差出人を見ると未亡人の奥様で、まさか本当に招待状を送ってきたのかと少し驚いた。
「長く続きますね。」
感謝を述べて、玄関へと執事を見送りについていく道で執事は穏やかにそう言った。
「何がですか?」
いきなり何を言うのかともしや皮肉かと瞬時に思考が巡った。
「結婚生活。」
どことなく冷めた表情で、口角だけは上がった顔が私を見下ろした。
「旦那様は帰っていらっしゃっていませんよ。」
間髪入れずに告げた言葉は、結婚生活なんて呼べるものではないと言外に含ませたものになった。

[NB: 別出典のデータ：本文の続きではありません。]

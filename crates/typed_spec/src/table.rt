// The names of one kind of item by their numbers.
ghost use Rattle.std.specs.Prelude.{◌≡◌, ℕ, ◌<◌, List, [], ◌∷◌, ◌++◌, ◌+◌, OnOk};
ghost use Rattle.typed_text.specs.ReadSpec.{is_in, number_in};
ghost use Rattle.typed_spec.specs.Texts.{AreNumbered};

use indexmap::IndexMap;
use sm_io::Name;
use std::alloc::{AllocError, Global};

/// The number of each name among those of its kind, in text order, and how many there are.
#[derive(Drop)]
pub struct Table {
    pub numbers: IndexMap<Name, u32>,
    pub count: u32,
}

impl Table {
    /// No names.
    pub fn new(alloc: Global) -> Table
        ensures numbers { AreNumbered [] result }
        ensures count { result.count ≡ 0 }
    {
        Table {
            numbers: IndexMap::new(alloc),
            count: 0,
        }
    }

    /// Takes in the next name.
    pub fn add(&mut self, alloc: Global, name: &Name) -> Result<(), AllocError>
        requires { self.old.count < 4294967295 }
        ensures numbers { (all : List (List ℕ)) → AreNumbered all self.old → OnOk result (AreNumbered (all ++ name.now ∷ []) self.new) }
        ensures count { OnOk result (self.new.count ≡ self.old.count + 1) }
    {
        if !self.numbers.contains_key(name) {
            self.numbers.insert(name.copy(alloc)?, self.count)?;
        }
        self.count += 1;
        Ok(())
    }

    /// Whether a name is one of them.
    pub fn has(&self, name: &Name) -> bool
        ensures { (all : List (List ℕ)) → AreNumbered all self.now → result ≡ is_in all name.now }
    {
        self.numbers.contains_key(name)
    }

    /// The number of a name, and the count of them all for a name that isn't there.
    pub fn number(&self, name: &Name) -> u32
        ensures { (all : List (List ℕ)) → AreNumbered all self.now → result ≡ number_in all name.now }
    {
        match self.numbers.get(name) {
            Some(number) => *number,
            None => self.count,
        }
    }
}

この食えない執事はそれに気がついたのかふと短い息を吐く。
「…そうですか。」
「それにお話ししたこともありませんし。」
「…なぜ、と思ったことはないのですか?」
「なぜ私がとは思いますが、他に何を思うのですか?」
「彼が、なぜ正妻を取らないのか。」
明け透けな物言いをする執事だ。
嫌いじゃないけれど。
お茶でも、と客間を指差すと、いいえと彼は首を横に振った。
簡潔に申し上げますね。といささか眉を顰めながら、彼はこうだと語った。
夫は幼い頃の記憶がないらしい。
ないと言うと語弊を招く、うっすらとは覚えているそうだが。
なんでも、その無い記憶の中で、彼は結婚の誓いを立てたそうだ。
だが肝心の相手もそれがどうして出会ったかも思い出せず、それでも律儀に誓いを守っているらしい。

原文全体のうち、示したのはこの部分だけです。